Der rasche Zugriff auf gerade benötigte Kontextinformationen ist für die Mitarbeiter im Bereich Business Development erfolgskritisch. Mehr als 100.000 heterogen verteilte Dokumente unterschiedlichster Formate liefern Informationen zu mehr als 3.000 Unternehmen inklusive Universitäten. Gängige Suchmethoden reichen nicht aus. Beschäftigt sich beispielsweise ein Anwender in Japan mit einem Unternehmen, das hochreine Allergene für Desensibilisierungs-Behandlungen herstellt und ein anderer arbeitet an einem Projekt in Kanada, bei dem Antihistaminika im Mittelpunkt stehen, haben beide Projekte naturgemäß Schnittstellen. Entscheidend ist daher, dass beide voneinander wissen.
Diese 'Ähnlichkeitssuche' ist für den Projekterfolg enorm wichtig. Daher bietet die Anwendung unter Einsatz des USU KnowledgeMiner auch eine intelligente semantische Suche.
Neben der reinen Angabe zu suchender Projekte oder Therapiegebiete können Mitarbeiter in einem Netz von ähnlichen Themen navigieren (siehe Abbildung einer entsprechenden Topic Map). Dieses kann selbst erstellt oder beispielsweise auch von der National Library of Medicine bezogen werden. Dort finden sich regelmäßig gepflegte medizinische Fach-Thesauri mit über 800.000 Themen in 20 Sprachen.
Praxisorientiert - die Technologie
Für dieses Projekt wurde von der USU die zentrale Anwendung auf Basis eines USU-Frameworks entwickelt, das aus diversen Java-Projekten resultierte. Die für das Reporting notwendige Datenbank wurde mit Oracle realisiert. Mit dem USU KnowledgeMiner kommt ein Werkzeug für eine nachfrageorientierte Informationsversorgung zum Einsatz. Große, unstrukturierte Dokumentenmengen werden mit Hilfe einer Themenstrukturierung auf Meta-Ebene zugänglich gemacht und inhaltlich erschlossen. Die Aufwände für die Pflege und Strukturierung von Daten können damit drastisch reduziert werden.

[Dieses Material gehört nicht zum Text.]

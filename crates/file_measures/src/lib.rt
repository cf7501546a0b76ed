// Bound, upper and constant of a function of a lent unit file. A call answers 0 or the number of its refusal. Every function here is proved,
// total and without a `requires`.
#![tactic(auto)]

ghost use Rattle.std.specs.Prelude.{◌≡◌};
ghost use Rattle.words.specs.Bytes.{narrow};
ghost use Rattle.unit.specs.Numbers.{number_in};
ghost use Rattle.unit.specs.Calls.{handed};
ghost use Rattle.unit_file.specs.Read.{table_in};
ghost use Rattle.collision.specs.Vector.{bound_of, upper_of, constant_of};
ghost use Rattle.file_answers.specs.Answers.{tag_refusal};

use file_answers::hand_out;
use unit::Tag;
use words::byte;

// The largest number of marks in one segment.
pub fn bound(file: &[u8], tag: u32, value: &mut u32) -> u32
    ensures value { result ≡ number_in (tag_refusal file.now tag) }
    ensures value_after { value.new ≡ handed (tag_refusal file.now tag) (bound_of (table_in file.now) (narrow tag)) value.old }
{
    let back = unit_file::read(file);
    let read = back.answer;
    let asked = measures::bound(back.unit, Tag(byte(tag)));
    hand_out(read, asked, value)
}

// The number of 1s in the collision vector, plus 1.
pub fn upper(file: &[u8], tag: u32, value: &mut u32) -> u32
    ensures value { result ≡ number_in (tag_refusal file.now tag) }
    ensures value_after { value.new ≡ handed (tag_refusal file.now tag) (upper_of (table_in file.now) (narrow tag)) value.old }
{
    let back = unit_file::read(file);
    let read = back.answer;
    let asked = measures::upper(back.unit, Tag(byte(tag)));
    hand_out(read, asked, value)
}

// The least latency of which no multiple is forbidden.
pub fn constant(file: &[u8], tag: u32, value: &mut u32) -> u32
    ensures value { result ≡ number_in (tag_refusal file.now tag) }
    ensures value_after { value.new ≡ handed (tag_refusal file.now tag) (constant_of (table_in file.now) (narrow tag)) value.old }
{
    let back = unit_file::read(file);
    let read = back.answer;
    let asked = measures::constant(back.unit, Tag(byte(tag)));
    hand_out(read, asked, value)
}
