ghost use Rattle.std.specs.Prelude.{◌≡◌, ◌+◌, ◌<◌, ◌≤◌, MatchResult, vec_len, vec_capacity};
ghost use Rattle.std.specs.List.Sorted.{IsStrictlySortedBy};
ghost use Rattle.ga_base.specs.Orders.{name_cmp, name_of};
ghost use Rattle.ga_summary.specs.SummaryRows.{has_name};
ghost use Rattle.ga_summary.specs.Steps.Places.{StandsAt, GoesTo};
ghost use Rattle.ga_summary.specs.Steps.Joined.{put_name, put_names};

use crate::order::{compare_names, compare_to_visitor};
use ga_base::{Name, Visitor};

/// Where a name stands among names that rise, or where it would go.
pub(crate) fn find_name(names: &[Name], name: &Name) -> Result<usize, usize>
    requires { IsStrictlySortedBy name_cmp names.now }
    ensures { MatchResult result (StandsAt name_cmp (λ n. n) name.now names.now) (GoesTo name_cmp (λ n. n) name.now names.now) }
{
    names.binary_search_by(|other| compare_names(other, name))
}

/// Whether a visitor's name is among names that rise.
pub(crate) fn holds_visitor(names: &[Name], visitor: &Visitor) -> bool
    requires { IsStrictlySortedBy name_cmp names.now }
    ensures { result ≡ has_name names.now (name_of visitor.now) }
{
    let found = names.binary_search_by(|name| compare_to_visitor(name, visitor));
    found.is_ok()
}

/// Puts a name in its place, where it isn't there yet.
fn insert_name(names: &mut Vec<Name>, name: Name)
    requires rising { IsStrictlySortedBy name_cmp names.old.items }
    requires room { vec_len names.old < vec_capacity names.old }
    ensures items { names.new.items ≡ put_name name names.old.items }
    ensures rising { IsStrictlySortedBy name_cmp names.new.items }
    ensures len { vec_len names.new ≤ vec_len names.old + 1 }
    ensures capacity { vec_capacity names.old ≤ vec_capacity names.new }
{
    if let Err(at) = find_name(names, &name) {
        match names.insert(at, name) {
            Ok(()) => {}
            Err(_) => unreachable!(),
        }
    }
}

/// Puts names in their places, for which there is room.
pub(crate) fn unite(names: &mut Vec<Name>, more: Vec<Name>)
    requires rising { IsStrictlySortedBy name_cmp names.old.items }
    requires room { vec_len names.old + vec_len more ≤ vec_capacity names.old }
    ensures items { names.new.items ≡ put_names more.items names.old.items }
{
    for name in more {
        insert_name(names, name);
    }
}
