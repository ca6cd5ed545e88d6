ghost use Rattle.std.specs.Prelude.{◌≡◌, ◌<◌, ◌≤◌, slice_get, ◌+◌, ◌↔◌, ℕ, List, length, [], ◌∷◌, ◌++◌, Some, OnOk, OnErr, IfOk, IsErrOf};
ghost use Rattle.ga_base.specs.declared.counts.Counter.{Counter as TheCounter};
ghost use Rattle.ga_summary.specs.Steps.Joined.{merged_value};
ghost use Rattle.ga_summary.specs.LastDays.{trimmed};
ghost use Rattle.ga_summary.specs.Limits.{passes};
ghost use Rattle.std.specs.Option.{option_copied};
ghost use Rattle.ga_summary.specs.OneLine.{line_value, record_totals};
ghost use Rattle.ga_summary.specs.Outcomes.{Outcome, Counted, hit_of, lines_of};
ghost use Rattle.ga_summary.specs.SummaryParts.{IsFirstBad, value_of};
ghost use Rattle.ga_summary.specs.SummaryRows.{SummaryValue, amounts_at, has_pair};
ghost use Rattle.ga_base.specs.Totals.{totals_plus, TotalsFit};
ghost use Rattle.ga_summary.specs.Sound.{IsSummary, IsCountable};
ghost use Rattle.ga_summary.specs.Sums.{IsSumOf, IsMerged};

use crate::entries::{copy_all, entries_of, entry_of, place_all};
use crate::entry::Entry;
use crate::first_bad::first_bad;
use crate::joining::join_entries;
use crate::limits::add_totals;
use crate::names::holds_visitor;
use crate::one_line::{line_entries, sums_of_record, totals_of_record};
use crate::room::reserve;
use crate::trim::keep_last;
use crate::{MergeFault, NotSound, RowView, SummaryParts};
use ga_base::{Amounts, Key, Keys, LIMIT, NoMemory, Record, Totals, Visitor};
use std::alloc::{AllocError, Global};
use std::marker::Model;

/// What was counted of the lines of a log: totals over all lines, and for each key its sums and visitors.
///
/// The entries rise by their keys, and the names of each entry rise. All entries are closed.
#[derive(Debug, Drop)]
pub struct Summary {
    totals: Totals,
    entries: Vec<Box<Entry>>,
}

impl Model for Summary {
    ghost use Rattle.ga_summary.specs.SummaryRows.{SummaryValue};

    ghost Value = { SummaryValue };

    ghost use Rattle.ga_summary.specs.Steps.Entries.{AllClosed, rows_of};
    ghost use Rattle.ga_summary.specs.Sound.{IsSummary};

    ghost view = { λ s. record { totals = s.totals; rows = rows_of s.entries.items } };

    ghost invariant = { λ s. IsSummary (record { totals = s.totals; rows = rows_of s.entries.items }) × AllClosed s.entries.items };
}

impl Clone for Summary {
    ghost is_clone = { λ s t. t ≡ s };

    fn clone(&self) -> Result<Summary, AllocError> {
        Ok(Summary {
            totals: self.totals,
            entries: copy_all(*self.entries.allocator(), &self.entries)?,
        })
    }
}

impl Summary {
    /// The summary of no lines, which takes no memory.
    pub fn empty(alloc: Global) -> Summary
        ensures { IsSumOf [] result }
    {
        Summary::of_lines(alloc, 0, 0)
    }

    /// The summary of lines of which none is counted, which takes no memory.
    pub fn of_lines(alloc: Global, failed: u64, excluded: u64) -> Summary
        requires { failed + excluded ≤ LIMIT }
        ensures { IsSumOf (lines_of failed excluded) result }
    {
        Summary {
            totals: Totals {
                lines: failed + excluded,
                failed,
                excluded,
                ..Totals::ZERO
            },
            entries: Vec::new(alloc),
        }
    }

    /// The summary that has these parts, which has to be sound, with rows and names that rise.
    ///
    /// It takes the time of one sorting pass over the rows. Lack of memory comes of good parts alone.
    pub fn from_parts(parts: SummaryParts) -> Result<Summary, NotSound>
        ensures ok { IfOk result (λ s. s ≡ value_of parts) }

        // The first place where the parts break is reported, and nothing else is.
        ensures bad { (at : ℕ) → IsErrOf result (NotSound.NotSound at) ↔ IsFirstBad (value_of parts) at }
        ensures memory { IsErrOf result NotSound.NoMemory → IsSummary (value_of parts) }
    {
        let SummaryParts { totals, rows } = parts;
        if let Some(at) = first_bad(totals, rows.items()) {
            return Err(NotSound::NotSound { at });
        }
        Ok(Summary {
            totals,
            entries: entries_of(rows.into_vec())?,
        })
    }

    /// The summary that has these parts, which are those of one. As `from_parts`, without its tests.
    pub fn of_parts(parts: SummaryParts) -> Result<Summary, NoMemory>
        requires { IsSummary (value_of parts) }
        ensures { IfOk result (λ s. s ≡ value_of parts) }
    {
        let SummaryParts { totals, rows } = parts;
        Ok(Summary {
            totals,
            entries: entries_of(rows.into_vec())?,
        })
    }

    /// The totals over all lines.
    pub fn totals(&self) -> Totals
        ensures totals { result ≡ self.now.totals }
        ensures sound { IsSummary self.now }
    {
        self.totals
    }

    /// The number of keys.
    pub fn len(&self) -> u64
        ensures { result ≡ length self.now.rows }
    {
        self.entries.len() as u64
    }

    /// What is counted under a key, or None where the key isn't there.
    pub fn amounts_of(&self, key: &Key) -> Option<Amounts>
        ensures { result ≡ amounts_at self.now.rows key.now }
    {
        match entry_of(&self.entries, key) {
            Some(entry) => Some(entry.amounts()),
            None => None,
        }
    }

    /// Whether a key has a visitor.
    pub fn has_pair(&self, key: &Key, visitor: &Visitor) -> bool
        ensures { result ≡ has_pair self.now.rows key.now visitor.now }
    {
        match entry_of(&self.entries, key) {
            Some(entry) => visitor.date == key.date && holds_visitor(entry.names(), visitor),
            None => false,
        }
    }

    /// The row at a place, from 0, where keys rise.
    pub fn row(&self, at: u64) -> RowView<'_>
        requires { at < length self.now.rows }
        ensures { slice_get self.now.rows at ≡ Some (record { key = result.key.now; sums = result.sums; names = result.names.now }) }
    {
        let entry: &Entry = &self.entries[at as usize];
        RowView {
            key: &entry.key,
            sums: entry.sums,
            names: &entry.names,
        }
    }

    /// A summary equal to this one, as `clone` gives it.
    pub fn copy(&self) -> Result<Summary, NoMemory>
        ensures { IfOk result (λ s. s ≡ self.now) }
    {
        Ok(self.clone()?)
    }

    /// Adds what another summary has. After an `Err` this one is as it was.
    pub fn merge(&mut self, other: &Summary) -> Result<(), MergeFault>
        ensures merged { OnOk result (IsMerged self.old other.now self.new) }
        ensures sum { OnOk result ((xs ys : List Outcome) → IsSumOf xs self.old → IsSumOf ys other.now
            → IsSumOf (xs ++ ys) self.new) }

        // The first of lines, bytes and micros that would pass the limit is reported, and nothing else is.
        ensures full { (which : TheCounter) (total : ℕ) → IsErrOf result (MergeFault.CounterFull which total)
            ↔ (passes (totals_plus self.old.totals other.now.totals) ≡ Some (which, total)) }
        ensures unchanged { OnErr result (self.new ≡ self.old) }
    {
        let totals = add_totals(self.totals, other.totals)?;
        let more = other.copy()?;
        self.absorb(totals, more)?;
        Ok(())
    }

    /// The summary of what this one and another have, made of their parts.
    ///
    /// Nothing is copied, and room for visitors is made at one key after the other. After an `Err` both are gone.
    pub fn join(self, other: Summary) -> Result<Summary, MergeFault>
        ensures merged { IfOk result (λ s. IsMerged self other s) }
        ensures sum { IfOk result (λ s. (xs ys : List Outcome) → IsSumOf xs self → IsSumOf ys other → IsSumOf (xs ++ ys) s) }

        // The first of lines, bytes and micros that would pass the limit is reported, and nothing else is.
        ensures full { (which : TheCounter) (total : ℕ) → IsErrOf result (MergeFault.CounterFull which total)
            ↔ (passes (totals_plus self.totals other.totals) ≡ Some (which, total)) }
    {
        let totals = add_totals(self.totals, other.totals)?;
        Ok(self.join_fitting(totals, other)?)
    }

    /// Counts a record under its keys, for its visitor if it has one. After an `Err` the summary is as it was.
    ///
    /// This is for a record at a time: what a new key or visitor costs grows with the number of those that are there.
    pub fn add(
        &mut self,
        keys: &Keys,
        visitor: Option<&Visitor>,
        rec: &Record,
    ) -> Result<(), MergeFault>
        requires { IsCountable rec.now.date (hit_of keys.now (option_copied visitor) rec.now) }

        // A summary that is the sum of outcomes becomes the sum of them and this one.
        ensures sum { OnOk result ((outcomes : List Outcome) → IsSumOf outcomes self.old
            → IsSumOf (outcomes ++ Counted (hit_of keys.now (option_copied visitor.entry) rec.now) ∷ []) self.new) }
        ensures merged { OnOk result ((one : SummaryValue)
            → IsSumOf (Counted (hit_of keys.now (option_copied visitor.entry) rec.now) ∷ []) one → IsMerged self.old one self.new) }

        // The first of lines, bytes and micros that would pass the limit is reported, and nothing else is.
        ensures full { (which : TheCounter) (total : ℕ) → IsErrOf result (MergeFault.CounterFull which total)
            ↔ (passes (totals_plus self.old.totals (record_totals rec.now)) ≡ Some (which, total)) }
        ensures unchanged { OnErr result (self.new ≡ self.old) }
    {
        let totals = add_totals(self.totals, totals_of_record(rec))?;
        let one = Summary::of_record(*self.entries.allocator(), keys.items(), visitor, rec)?;
        self.absorb(totals, one)?;
        Ok(())
    }

    /// The summary of one counted record.
    fn of_record(
        alloc: Global,
        keys: &[Key],
        visitor: Option<&Visitor>,
        rec: &Record,
    ) -> Result<Summary, NoMemory>
        requires { IsCountable rec.now.date (hit_of keys.now (option_copied visitor) rec.now) }
        ensures { IfOk result (λ s. s ≡ line_value (hit_of keys.now (option_copied visitor.entry) rec.now)) }
    {
        Ok(Summary {
            totals: totals_of_record(rec),
            entries: line_entries(alloc, keys, visitor, sums_of_record(rec))?,
        })
    }

    /// Keeps the keys of the last days alone, this many of those that it has, or all where this is 0. The totals stay, and no
    /// memory is taken.
    pub fn trim(&mut self, keep: u32)
        ensures { self.new ≡ trimmed keep self.old }
    {
        keep_last(&mut self.entries, keep);
    }

    /// Takes in what another summary has, where the totals of both are known and fit.
    fn absorb(&mut self, totals: Totals, other: Summary) -> Result<(), NoMemory>
        requires totals { totals ≡ totals_plus self.old.totals other.totals }
        requires fit { TotalsFit totals }
        ensures merged { OnOk result (self.new ≡ merged_value self.old other) }
        ensures unchanged { OnErr result (self.new ≡ self.old) }
    {
        let more = other.entries;
        let room = reserve(&mut self.entries, &more)?;
        place_all(&mut self.entries, more, room);
        self.totals = totals;
        Ok(())
    }

    /// The summary of both, where the totals of both are known and fit.
    fn join_fitting(self, totals: Totals, other: Summary) -> Result<Summary, NoMemory>
        requires totals { totals ≡ totals_plus self.totals other.totals }
        requires fit { TotalsFit totals }
        ensures { IfOk result (λ s. s ≡ merged_value self other) }
    {
        let alloc = *self.entries.allocator();
        let room = Vec::with_capacity(alloc, self.entries.len() + other.entries.len())?;
        Ok(Summary {
            totals,
            entries: join_entries(self.entries, other.entries, room)?,
        })
    }
}
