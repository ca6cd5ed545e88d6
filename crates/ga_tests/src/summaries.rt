//! Summaries and reports.

ghost use Rattle.std.specs.Prelude.{◌+◌, ◌<◌, ◌≤◌, length};
ghost use Rattle.std.specs.Option.{option_copied};
ghost use Rattle.ga_base.specs.declared.counts.TheConstants.{LIMIT};
ghost use Rattle.ga_report.specs.Printable.{IsPrintable};
ghost use Rattle.ga_summary.specs.Outcomes.{hit_of};
ghost use Rattle.ga_summary.specs.Sound.{IsCountable};

use ga_base::{
    Amounts, Bytes, Counter, DateSpec, Key, Keys, Name, Names, NoMemory, PanelSet, Record, Sums,
    Text, Totals, Visitor,
};
use ga_print::{csv, json};
use ga_report::{
    General, Item, Items, LastDays, PanelList, PanelLists, Report, Row, RowList, RowSource,
    hundredths, last_days, rows, rows_from,
};
use ga_summary::{
    MergeFault, NotSound, PartRow, PartRows, RowView, Summary, SummaryParts, totals_fit,
};
use std::alloc::Global;
use std::thread::Threads;

/// The faults of parts.
pub const SUM_FAULTS: [NotSound; 2] = [NotSound::NotSound { at: 0 }, NotSound::NoMemory];

/// The faults of sums.
pub const MERGE_FAULTS: [MergeFault; 2] = [
    MergeFault::CounterFull {
        which: Counter::Lines,
        total: 0,
    },
    MergeFault::NoMemory,
];

/// The sum of no lines.
pub fn empty(alloc: Global) -> Summary {
    Summary::empty(alloc)
}

/// That of lines that aren't counted.
pub fn of_lines(alloc: Global, failed: u64, excluded: u64) -> Summary
    requires { failed + excluded ≤ LIMIT }
{
    Summary::of_lines(alloc, failed, excluded)
}

/// Totals of one hit.
pub fn totals_of_one() -> Totals {
    Totals {
        lines: 1,
        failed: 0,
        excluded: 0,
        hits: 1,
        bytes: 0,
        micros: 0,
    }
}

/// Whether no counter of totals is above the limit.
pub fn fit(totals: Totals) -> bool {
    totals_fit(totals)
}

/// A row of one hit.
pub fn row_of_one(key: Key, names: Names) -> PartRow {
    PartRow {
        key,
        sums: Sums {
            hits: 1,
            bytes: 0,
            micros: 0,
            max_micros: 0,
        },
        names,
    }
}

/// A name.
pub fn name(host: Text, agent: Text) -> Name {
    Name { host, agent }
}

/// The summary of parts.
pub fn of_parts(rows: PartRows) -> Result<Summary, NotSound> {
    Summary::from_parts(SummaryParts {
        totals: totals_of_one(),
        rows,
    })
}

/// Its totals.
pub fn totals(sum: &Summary) -> Totals {
    sum.totals()
}

/// The number of its rows.
pub fn len(sum: &Summary) -> u64 {
    sum.len()
}

/// A row, of which each field is named.
pub fn row(sum: &Summary, at: u64) -> (&Key, Sums, &Names)
    requires { at < length sum.now.rows }
{
    let RowView { key, sums, names } = sum.row(at);
    (key, sums, names)
}

/// What is counted under a key.
pub fn amounts(sum: &Summary, key: &Key) -> Option<Amounts> {
    sum.amounts_of(key)
}

/// The visitors among the amounts, of which each field is named.
pub fn visitors_of(amounts: &Amounts) -> u64 {
    let Amounts {
        hits: _,
        bytes: _,
        micros: _,
        max_micros: _,
        visitors,
    } = amounts;
    *visitors
}

/// Whether a key has a visitor.
pub fn has_pair(sum: &Summary, key: &Key, visitor: &Visitor) -> bool {
    sum.has_pair(key, visitor)
}

/// Counts a line.
pub fn add(
    sum: &mut Summary,
    keys: &Keys,
    visitor: Option<&Visitor>,
    rec: &Record,
) -> Result<(), MergeFault>
    requires { IsCountable rec.now.date (hit_of keys.now (option_copied visitor) rec.now) }
{
    sum.add(keys, visitor, rec)
}

/// Adds a sum.
pub fn merge(sum: &mut Summary, other: &Summary) -> Result<(), MergeFault> {
    sum.merge(other)
}

/// The sum of two.
pub fn join(sum: Summary, other: Summary) -> Result<Summary, MergeFault> {
    sum.join(other)
}

/// Keeps its last days.
pub fn trim(sum: &mut Summary, keep: u32) {
    sum.trim(keep)
}

/// A copy.
pub fn copy(sum: &Summary) -> Result<Summary, NoMemory> {
    sum.copy()
}

/// The report on a sum.
pub fn report(
    alloc: Global,
    sum: &Summary,
    panels: &PanelSet,
    max_items: u64,
    spec: DateSpec,
) -> Result<Report, NoMemory> {
    rows(alloc, sum, panels, max_items, spec)
}

/// The report on rows from elsewhere.
pub fn report_from<R: Threads + Sync, T: RowSource + Sync>(
    rt: &R,
    alloc: Global,
    source: &T,
    panels: &PanelSet,
    max_items: u64,
    spec: DateSpec,
    jobs: u32,
) -> Result<Report, NoMemory> {
    rows_from(rt, alloc, source, panels, max_items, spec, jobs)
}

/// The last days of a sum, for a report.
pub fn last(alloc: Global, sum: &Summary, keep: u32) -> Result<LastDays<'_, Summary>, NoMemory>
    requires { 1 ≤ keep }
{
    last_days(alloc, sum, keep)
}

/// The general numbers of a report.
pub fn general(report: &Report) -> General {
    let General {
        total_requests,
        valid_requests,
        failed_requests,
        excluded_hits,
        unique_visitors,
        bandwidth,
    } = report.general;
    General {
        total_requests,
        valid_requests,
        failed_requests,
        excluded_hits,
        unique_visitors,
        bandwidth,
    }
}

/// The panels of a report.
pub fn panels(report: &Report) -> &PanelLists {
    &report.panels
}

/// The rows of a panel.
pub fn rows_of(list: &PanelList) -> &RowList {
    let PanelList { panel: _, rows } = list;
    rows
}

/// The entries of a row.
pub fn children_of(row: &Row) -> &Items {
    let Row { item: _, children } = row;
    children
}

/// The hits of an entry.
pub fn hits_of(item: &Item) -> u64 {
    let Item {
        label: _,
        method: _,
        protocol: _,
        hits,
        visitors: _,
        bytes: _,
        micros: _,
        max_micros: _,
        hits_percent: _,
        visitors_percent: _,
        bytes_percent: _,
    } = item;
    *hits
}

/// A share in hundredths of a percent.
pub fn share(n: u64, t: u64) -> u64
    requires { n ≤ t }
{
    hundredths(n, t)
}

/// A report as JSON.
pub fn json_of(alloc: Global, report: &Report) -> Result<Bytes, NoMemory>
    requires { IsPrintable report.now }
{
    json(alloc, report)
}

/// A report as CSV.
pub fn csv_of(alloc: Global, report: &Report) -> Result<Bytes, NoMemory>
    requires { IsPrintable report.now }
{
    csv(alloc, report)
}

Technologisch basiert dieses Verfahren auf dem ISO-Standard 13250 der Topic Maps - eine Form der Wissensrepräsentation auf Basis von XML. Systemseitig werden die unternehmensspezifischen Themennetze visualisiert. Damit unterstützt das System unterschiedlichste Suchsituationen und -bedürfnisse, die in der Konzeption gängiger, technikzentrierter Recherche-Anwendungen meist zu wenig berücksichtigt werden. Der Anwender kann sich leicht interaktiv durch die gewünschten Themen navigieren und wird auch auf thematische Querbeziehungen aufmerksam gemacht, die durch gängige Strukturierungsmechanismen nicht zugänglich sind. Dabei können auch große Netze mit Hunderttausenden von Themen verarbeitet werden - neben einer strukturierten, prozessorientierten Arbeitsweise eines der wesentlichen Kriterien für eine erfolgreiche Umsetzung des Projektes.